Exercise aim — Within the listing below, please copy exactly the lines between the line holding "verdicts) d → component_stays d ≡ true" and the line holding "pub fn issuers_of_revocations_stay()", inclusive.

The data —
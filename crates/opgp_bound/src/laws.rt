//! What the definitions imply.

ghost use Rattle.std.specs.Prelude.{◌≡◌, ◌⊎◌, ℕ, List, [], length, All, Some, slice_get, true};
ghost use Rattle.std.specs.Prelude.{false, is_some};
ghost use Rattle.std.specs.List.{Contains};
ghost use Rattle.opgp_octets.specs.declared.signature_type.SignatureType.{SignatureType};
ghost use Rattle.opgp_packet.specs.SignatureBody.{SignatureValue};
ghost use Rattle.opgp_hash.specs.SubjectValue.{SubjectValue};
ghost use Rattle.opgp_hash.specs.declared.fingerprints.Fingerprint.{Fingerprint};
ghost use Rattle.opgp_keyring.specs.Keyring.{CertificateValue, ComponentValue, IsKeyring};
ghost use Rattle.opgp_keyring.specs.Keyring.{KeyringValue};
ghost use Rattle.opgp_report.specs.Standing.{certificate_standing};
ghost use Rattle.opgp_report.specs.declared.verifier.Verdict.{Verdict};
ghost use Rattle.opgp_merge.specs.Merged.{merged_of, same_head, same_primary};
ghost use Rattle.opgp_valid.specs.KnownKeys.{known_in};
ghost use Rattle.opgp_valid.specs.Standing.{is_revoked};
ghost use Rattle.opgp_valid.specs.State.{identity_of, reason_of, unusable};
ghost use Rattle.opgp_valid.specs.declared.facts.Key.TheVariants.{Primary, Subkey};
ghost use Rattle.opgp_valid.specs.declared.known_keys.Known.{Known};
ghost use Rattle.opgp_valid.specs.declared.policy.Policy.{Policy};
ghost use Rattle.opgp_valid.specs.declared.state.IdentityState.TheVariants.{Certified};
ghost use Rattle.opgp_bound.specs.Before.{IsBoundOf, PutsNone, SaysSameAnywhere, StandsAs};
ghost use Rattle.opgp_bound.specs.Before.{components_decided, number_kept};
ghost use Rattle.opgp_bound.specs.Copies.{Deciding, facts_decided};
ghost use Rattle.opgp_bound.specs.Bound.{bound_certificate, bound_keyring, component_stays};
ghost use Rattle.opgp_bound.specs.Bound.{components_in, is_genuine, kept_component, own_in};
ghost use Rattle.opgp_bound.specs.Bound.{revokes, role_stays};
ghost use Rattle.opgp_bound.specs.Issuers.{revocation_issuers};
ghost use Rattle.opgp_bound.specs.Judged.{JudgedComponentValue, JudgedValue, certificate_rows};
ghost use Rattle.opgp_bound.specs.Role.{is_own_and_good, is_self_type, role_by};
ghost use Rattle.opgp_bound.specs.Staying.{HasOn};

/// What is bound of a keyring is a keyring.
pub fn bound_keyrings_are_keyrings()
    ensures { (r : KeyringValue) (verdicts : List Verdict) → IsKeyring r
        → IsKeyring (bound_keyring r verdicts) }
{}

/// A signature of a type that certifies or binds is a genuine self-signature exactly if the verdict
/// on it is good over what it follows, and the first key that it names is the primary key.
pub fn genuine_ones_are_own_and_good()
    ensures { (known : List Known) (primary : Fingerprint) (subject : SubjectValue)
        (found : Verdict) (v : SignatureValue) (t : SignatureType) → is_self_type t ≡ true
        → is_genuine (role_by known primary subject found v t)
        ≡ is_own_and_good known primary subject found v }
{}

/// No genuine self-signature goes: one on the primary key stays on it; one on a component stays on
/// that, which stays, too.
pub fn no_genuine_self_signature_goes()
    ensures primary { (known : List Known) (issuers : List Fingerprint) (c : CertificateValue)
        (verdicts : List Verdict) (j : JudgedValue) → Contains (own_in known c verdicts) j
        → is_genuine j.role ≡ true
        → Contains (bound_certificate known issuers c verdicts).hangs j.packet }
    ensures component { (known : List Known) (issuers : List Fingerprint) (c : CertificateValue)
        (verdicts : List Verdict) (d : JudgedComponentValue) (j : JudgedValue)
        → Contains (components_in known issuers c verdicts) d → Contains d.hangs j
        → is_genuine j.role ≡ true
        → HasOn (bound_certificate known issuers c verdicts) d.head j.packet }
{}

/// No revocation of a primary key goes, wherever it is: it stays on its component, or else on the
/// primary key. Nor does any other from a part that stays: all stays on it but self-signatures that
/// aren't genuine.
pub fn no_revocation_goes()
    ensures primary { (known : List Known) (issuers : List Fingerprint) (c : CertificateValue)
        (verdicts : List Verdict) (j : JudgedValue) → Contains (own_in known c verdicts) j
        → role_stays j.role ≡ true
        → Contains (bound_certificate known issuers c verdicts).hangs j.packet }
    ensures anywhere { (known : List Known) (issuers : List Fingerprint) (c : CertificateValue)
        (verdicts : List Verdict) (d : JudgedComponentValue) (j : JudgedValue)
        → Contains (components_in known issuers c verdicts) d → Contains d.hangs j
        → revokes j.role ≡ true
        → HasOn (bound_certificate known issuers c verdicts) d.head j.packet
        ⊎ Contains (bound_certificate known issuers c verdicts).hangs j.packet }
    ensures component { (known : List Known) (issuers : List Fingerprint) (c : CertificateValue)
        (verdicts : List Verdict) (d : JudgedComponentValue) (j : JudgedValue)
        → Contains (components_in known issuers c verdicts) d → component_stays d ≡ true
        → Contains d.hangs j → role_stays j.role ≡ true
        → HasOn (bound_certificate known issuers c verdicts) d.head j.packet }
{}

/// Every key that made a good revocation is still in the keyring, so that it can be verified as
/// before.
pub fn issuers_of_revocations_stay()
    ensures { (r : KeyringValue) (verdicts : List Verdict) (print : Fingerprint)
        → Contains (revocation_issuers r verdicts) print
        → (k : Known) × Contains (known_in (bound_keyring r verdicts)) k × (k.print ≡ print) }
{}

/// As many verdicts are taken of a certificate as it has rows in a report.
#[tactic(auto, using(crate::proofs::Rows::certificate_counted))]
pub fn verdicts_are_those_of_the_rows()
    ensures { (n : ℕ) (c : CertificateValue)
        → length (certificate_standing n c) ≡ certificate_rows c }
{}

/// Without verdicts no user ID, attribute or subkey stays.
pub fn nothing_is_bound_without_verdicts()
    ensures { (r : KeyringValue) → All (λ c. c.components ≡ []) (bound_keyring r []).certificates }
{}

/// Merging is careful: what revokes a key in one copy of its certificate revokes it in the merged
/// one, too, so that a key that is of use there is revoked in no copy. The verdicts go by what is
/// signed, and the keys that are known are the same. Of two keys with the same key ID it is the
/// first in the keyring that a key ID names (RFC 9580, 5.2.3.12).
pub fn merging_is_careful()
    ensures primary { (known : List Known) (policy : Policy) (v : Deciding) (r : KeyringValue)
        (c m : CertificateValue) → Contains r.certificates c
        → Contains (merged_of r).certificates m → same_primary c m ≡ true
        → is_revoked (facts_decided known policy v c) Primary ≡ true
        → is_revoked (facts_decided known policy v m) Primary ≡ true }
    ensures subkey { (known : List Known) (policy : Policy) (v : Deciding) (r : KeyringValue)
        (c m : CertificateValue) (n k created again : ℕ) (d e : ComponentValue)
        → Contains r.certificates c → Contains (merged_of r).certificates m
        → same_primary c m ≡ true → slice_get c.components n ≡ Some d
        → slice_get m.components k ≡ Some e → same_head d e ≡ true
        → is_revoked (facts_decided known policy v c) (Subkey n created) ≡ true
        → is_revoked (facts_decided known policy v m) (Subkey k again) ≡ true }
{}

/// What is bound of a certificate stands as before, by the same keys, and by verdicts that go by
/// what is hashed: the primary key; and each subkey, user ID and attribute that stays, by the number
/// that it gets. A key is believed for the same signatures, has the same state at each time, and the
/// same reasons of revocations. Only which of these comes first may change, where a key revocation
/// is put elsewhere. A subkey that goes was never of use, and nothing that goes was ever certified.
pub fn what_is_bound_stands_as_before()
    ensures primary { (policy : Policy) (v : Deciding) (r : KeyringValue) (c m : CertificateValue)
        → SaysSameAnywhere v → IsBoundOf v r c m
        → StandsAs (facts_decided (known_in r) policy v c) (facts_decided (known_in r) policy v m)
        Primary Primary }
    ensures number { (v : Deciding) (r : KeyringValue) (c m : CertificateValue) (n : ℕ)
        (d : JudgedComponentValue) → IsBoundOf v r c m
        → slice_get (components_decided v r c) n ≡ Some d → component_stays d ≡ true
        → slice_get m.components (number_kept (components_decided v r c) n)
        ≡ Some (kept_component d) }
    ensures subkey { (policy : Policy) (v : Deciding) (r : KeyringValue) (c m : CertificateValue)
        (n created : ℕ) (d : JudgedComponentValue) → SaysSameAnywhere v → IsBoundOf v r c m
        → slice_get (components_decided v r c) n ≡ Some d → component_stays d ≡ true
        → StandsAs (facts_decided (known_in r) policy v c) (facts_decided (known_in r) policy v m)
        (Subkey n created) (Subkey (number_kept (components_decided v r c) n) created) }
    ensures reason { (policy : Policy) (v : Deciding) (r : KeyringValue) (c m : CertificateValue)
        → IsBoundOf v r c m → PutsNone v r c
        → reason_of (facts_decided (known_in r) policy v c) Primary
        ≡ reason_of (facts_decided (known_in r) policy v m) Primary }
    ensures subkey_reason { (policy : Policy) (v : Deciding) (r : KeyringValue)
        (c m : CertificateValue) (n created : ℕ) (d : JudgedComponentValue) → IsBoundOf v r c m
        → slice_get (components_decided v r c) n ≡ Some d → component_stays d ≡ true
        → PutsNone v r c → reason_of (facts_decided (known_in r) policy v c) (Subkey n created)
        ≡ reason_of (facts_decided (known_in r) policy v m)
        (Subkey (number_kept (components_decided v r c) n) created) }
    ensures identity { (policy : Policy) (v : Deciding) (r : KeyringValue)
        (c m : CertificateValue) (n at : ℕ) (d : JudgedComponentValue) → IsBoundOf v r c m
        → slice_get (components_decided v r c) n ≡ Some d → component_stays d ≡ true
        → identity_of (facts_decided (known_in r) policy v c) n at
        ≡ identity_of (facts_decided (known_in r) policy v m)
        (number_kept (components_decided v r c) n) at }
    ensures usable { (policy : Policy) (v : Deciding) (r : KeyringValue) (c : CertificateValue)
        (n created at : ℕ) (d : JudgedComponentValue)
        → slice_get (components_decided v r c) n ≡ Some d → component_stays d ≡ false
        → is_some (unusable (facts_decided (known_in r) policy v c) (Subkey n created) at) ≡ true }
    ensures certified { (policy : Policy) (v : Deciding) (r : KeyringValue) (c : CertificateValue)
        (n at : ℕ) (d : JudgedComponentValue)
        → slice_get (components_decided v r c) n ≡ Some d → component_stays d ≡ false
        → identity_of (facts_decided (known_in r) policy v c) n at ≡ Certified → ⊥ }
{}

Problem solution —
        → Contains (components_in known issuers c verdicts) d → component_stays d ≡ true
        → Contains d.hangs j → role_stays j.role ≡ true
        → HasOn (bound_certificate known issuers c verdicts) d.head j.packet }
{}

/// Every key that made a good revocation is still in the keyring, so that it can be verified as
/// before.
pub fn issuers_of_revocations_stay()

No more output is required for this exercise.